# [GOAL OF THE EXERCISE]
Copy each line of the data below in which the word "RandomState" can be found.

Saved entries
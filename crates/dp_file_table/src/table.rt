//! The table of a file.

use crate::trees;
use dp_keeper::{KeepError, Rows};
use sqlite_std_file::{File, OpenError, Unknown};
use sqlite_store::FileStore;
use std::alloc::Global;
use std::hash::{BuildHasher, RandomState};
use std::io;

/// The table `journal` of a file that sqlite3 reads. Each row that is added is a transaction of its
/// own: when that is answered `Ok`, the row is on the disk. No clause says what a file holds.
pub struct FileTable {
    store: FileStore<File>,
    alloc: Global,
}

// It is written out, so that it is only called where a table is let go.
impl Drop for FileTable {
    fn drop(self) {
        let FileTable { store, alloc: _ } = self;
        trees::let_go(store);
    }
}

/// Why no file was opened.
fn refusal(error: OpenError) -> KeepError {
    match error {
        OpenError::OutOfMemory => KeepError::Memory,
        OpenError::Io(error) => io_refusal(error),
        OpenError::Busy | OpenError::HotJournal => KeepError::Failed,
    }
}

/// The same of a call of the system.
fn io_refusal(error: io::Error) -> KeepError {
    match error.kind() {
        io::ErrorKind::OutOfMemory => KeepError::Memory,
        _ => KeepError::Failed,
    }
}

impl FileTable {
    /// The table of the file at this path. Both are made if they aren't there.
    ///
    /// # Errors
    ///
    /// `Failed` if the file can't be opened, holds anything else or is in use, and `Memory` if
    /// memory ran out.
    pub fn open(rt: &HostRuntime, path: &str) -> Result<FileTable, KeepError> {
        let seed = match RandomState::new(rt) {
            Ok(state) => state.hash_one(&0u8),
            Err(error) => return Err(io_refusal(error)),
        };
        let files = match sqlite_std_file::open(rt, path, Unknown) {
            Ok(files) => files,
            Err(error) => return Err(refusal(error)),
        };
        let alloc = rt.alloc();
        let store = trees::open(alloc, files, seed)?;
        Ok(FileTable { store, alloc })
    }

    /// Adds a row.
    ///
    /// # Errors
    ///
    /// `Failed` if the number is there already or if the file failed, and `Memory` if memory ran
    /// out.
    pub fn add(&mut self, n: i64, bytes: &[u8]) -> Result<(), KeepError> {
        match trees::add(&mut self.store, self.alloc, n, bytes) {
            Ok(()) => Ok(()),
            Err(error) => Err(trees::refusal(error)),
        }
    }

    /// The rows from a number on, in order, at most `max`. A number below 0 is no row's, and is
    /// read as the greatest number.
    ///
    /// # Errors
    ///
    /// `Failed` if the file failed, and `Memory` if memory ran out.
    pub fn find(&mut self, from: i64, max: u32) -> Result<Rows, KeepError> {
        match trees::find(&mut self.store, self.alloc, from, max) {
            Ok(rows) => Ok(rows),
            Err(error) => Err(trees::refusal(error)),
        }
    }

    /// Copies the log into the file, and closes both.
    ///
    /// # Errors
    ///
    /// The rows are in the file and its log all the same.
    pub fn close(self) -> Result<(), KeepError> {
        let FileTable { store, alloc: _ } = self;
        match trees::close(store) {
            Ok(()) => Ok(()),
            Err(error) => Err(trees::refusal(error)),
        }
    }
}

...

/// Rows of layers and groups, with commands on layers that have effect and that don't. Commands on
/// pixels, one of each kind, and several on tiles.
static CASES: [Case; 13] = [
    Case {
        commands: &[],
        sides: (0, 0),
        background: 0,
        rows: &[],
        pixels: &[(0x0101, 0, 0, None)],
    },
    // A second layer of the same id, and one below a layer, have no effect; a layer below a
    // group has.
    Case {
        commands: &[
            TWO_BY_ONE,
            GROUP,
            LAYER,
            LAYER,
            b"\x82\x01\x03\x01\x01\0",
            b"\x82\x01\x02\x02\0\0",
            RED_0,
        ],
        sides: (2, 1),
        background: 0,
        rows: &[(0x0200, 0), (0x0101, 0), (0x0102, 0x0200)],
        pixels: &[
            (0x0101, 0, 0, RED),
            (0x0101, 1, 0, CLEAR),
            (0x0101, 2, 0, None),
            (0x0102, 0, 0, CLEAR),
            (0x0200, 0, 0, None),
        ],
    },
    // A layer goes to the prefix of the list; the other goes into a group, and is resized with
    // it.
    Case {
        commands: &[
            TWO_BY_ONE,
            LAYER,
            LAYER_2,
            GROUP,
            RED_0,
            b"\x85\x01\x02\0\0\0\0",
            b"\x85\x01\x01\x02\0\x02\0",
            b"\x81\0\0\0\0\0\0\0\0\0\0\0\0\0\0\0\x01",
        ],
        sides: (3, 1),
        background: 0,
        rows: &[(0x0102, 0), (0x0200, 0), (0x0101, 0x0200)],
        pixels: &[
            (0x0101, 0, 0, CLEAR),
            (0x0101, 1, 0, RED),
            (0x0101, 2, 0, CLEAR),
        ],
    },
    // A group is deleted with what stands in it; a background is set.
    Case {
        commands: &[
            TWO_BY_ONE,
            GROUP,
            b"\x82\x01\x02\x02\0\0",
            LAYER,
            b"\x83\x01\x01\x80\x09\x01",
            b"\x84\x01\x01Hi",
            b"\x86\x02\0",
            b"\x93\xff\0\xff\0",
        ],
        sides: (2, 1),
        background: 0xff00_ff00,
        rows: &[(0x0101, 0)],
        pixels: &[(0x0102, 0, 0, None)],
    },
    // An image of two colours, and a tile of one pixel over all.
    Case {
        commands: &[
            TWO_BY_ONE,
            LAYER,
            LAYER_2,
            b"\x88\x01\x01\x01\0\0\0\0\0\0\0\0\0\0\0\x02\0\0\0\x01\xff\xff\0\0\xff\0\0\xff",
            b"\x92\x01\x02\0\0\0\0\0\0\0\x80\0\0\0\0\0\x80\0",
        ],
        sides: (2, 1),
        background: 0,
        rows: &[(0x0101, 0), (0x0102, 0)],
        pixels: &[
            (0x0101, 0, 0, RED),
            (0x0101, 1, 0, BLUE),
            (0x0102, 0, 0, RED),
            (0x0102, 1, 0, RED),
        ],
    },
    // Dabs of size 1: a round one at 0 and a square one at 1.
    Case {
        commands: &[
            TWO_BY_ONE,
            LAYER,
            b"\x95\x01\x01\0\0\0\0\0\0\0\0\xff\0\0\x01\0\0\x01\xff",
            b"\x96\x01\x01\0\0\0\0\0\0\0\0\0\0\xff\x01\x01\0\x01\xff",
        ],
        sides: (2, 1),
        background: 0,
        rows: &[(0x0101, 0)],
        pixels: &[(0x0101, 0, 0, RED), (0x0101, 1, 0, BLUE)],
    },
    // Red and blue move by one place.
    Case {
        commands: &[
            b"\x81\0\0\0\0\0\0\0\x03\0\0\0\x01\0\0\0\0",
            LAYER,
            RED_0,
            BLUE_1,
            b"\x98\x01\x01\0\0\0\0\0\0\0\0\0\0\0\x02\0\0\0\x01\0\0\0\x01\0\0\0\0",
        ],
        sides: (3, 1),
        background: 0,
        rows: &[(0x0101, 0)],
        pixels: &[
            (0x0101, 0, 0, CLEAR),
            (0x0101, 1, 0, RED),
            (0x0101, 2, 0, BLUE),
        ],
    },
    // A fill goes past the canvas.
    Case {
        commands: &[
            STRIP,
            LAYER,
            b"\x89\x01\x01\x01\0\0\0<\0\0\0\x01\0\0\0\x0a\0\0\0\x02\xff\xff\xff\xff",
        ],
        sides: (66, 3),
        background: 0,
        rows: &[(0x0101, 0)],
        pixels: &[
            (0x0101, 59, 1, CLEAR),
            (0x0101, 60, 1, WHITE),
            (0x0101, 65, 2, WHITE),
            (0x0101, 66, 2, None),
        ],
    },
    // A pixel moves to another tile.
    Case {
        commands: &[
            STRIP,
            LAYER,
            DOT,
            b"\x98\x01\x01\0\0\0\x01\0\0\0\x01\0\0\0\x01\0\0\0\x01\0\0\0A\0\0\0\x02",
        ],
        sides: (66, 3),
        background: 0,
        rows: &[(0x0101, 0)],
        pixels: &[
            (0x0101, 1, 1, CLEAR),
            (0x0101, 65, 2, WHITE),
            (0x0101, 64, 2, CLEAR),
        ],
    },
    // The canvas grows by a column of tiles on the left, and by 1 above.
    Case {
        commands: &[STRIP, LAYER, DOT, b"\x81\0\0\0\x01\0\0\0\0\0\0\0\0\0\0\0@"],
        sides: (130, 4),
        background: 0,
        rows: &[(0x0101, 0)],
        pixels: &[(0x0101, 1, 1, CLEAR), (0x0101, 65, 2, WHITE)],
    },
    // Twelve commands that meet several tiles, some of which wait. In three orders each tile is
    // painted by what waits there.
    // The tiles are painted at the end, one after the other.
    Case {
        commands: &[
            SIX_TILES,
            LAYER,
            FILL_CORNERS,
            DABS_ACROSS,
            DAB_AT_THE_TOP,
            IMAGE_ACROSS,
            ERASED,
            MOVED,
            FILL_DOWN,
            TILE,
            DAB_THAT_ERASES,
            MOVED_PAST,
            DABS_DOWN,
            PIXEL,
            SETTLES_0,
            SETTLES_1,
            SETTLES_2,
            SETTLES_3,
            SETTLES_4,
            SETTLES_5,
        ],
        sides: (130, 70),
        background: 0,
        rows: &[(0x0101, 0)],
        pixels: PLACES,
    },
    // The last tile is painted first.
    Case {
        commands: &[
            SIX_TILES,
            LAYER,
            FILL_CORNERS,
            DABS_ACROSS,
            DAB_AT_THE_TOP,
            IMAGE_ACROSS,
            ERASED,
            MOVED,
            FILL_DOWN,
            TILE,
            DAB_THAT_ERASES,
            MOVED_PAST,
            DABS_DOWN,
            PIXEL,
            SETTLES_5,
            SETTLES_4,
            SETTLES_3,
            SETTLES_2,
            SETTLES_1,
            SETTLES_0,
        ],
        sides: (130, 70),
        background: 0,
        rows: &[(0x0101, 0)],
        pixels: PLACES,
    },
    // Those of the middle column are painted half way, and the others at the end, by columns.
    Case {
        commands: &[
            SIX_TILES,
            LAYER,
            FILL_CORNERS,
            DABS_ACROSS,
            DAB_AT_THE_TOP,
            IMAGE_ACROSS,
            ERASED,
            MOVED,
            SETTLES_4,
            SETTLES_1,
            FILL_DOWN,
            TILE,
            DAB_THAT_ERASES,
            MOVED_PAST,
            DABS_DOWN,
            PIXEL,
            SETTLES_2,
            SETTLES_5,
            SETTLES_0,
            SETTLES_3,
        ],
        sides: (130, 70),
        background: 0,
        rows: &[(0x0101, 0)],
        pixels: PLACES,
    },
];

# [ANSWER SPACE]
use std::hash::{BuildHasher, RandomState};
        let seed = match RandomState::new(rt) {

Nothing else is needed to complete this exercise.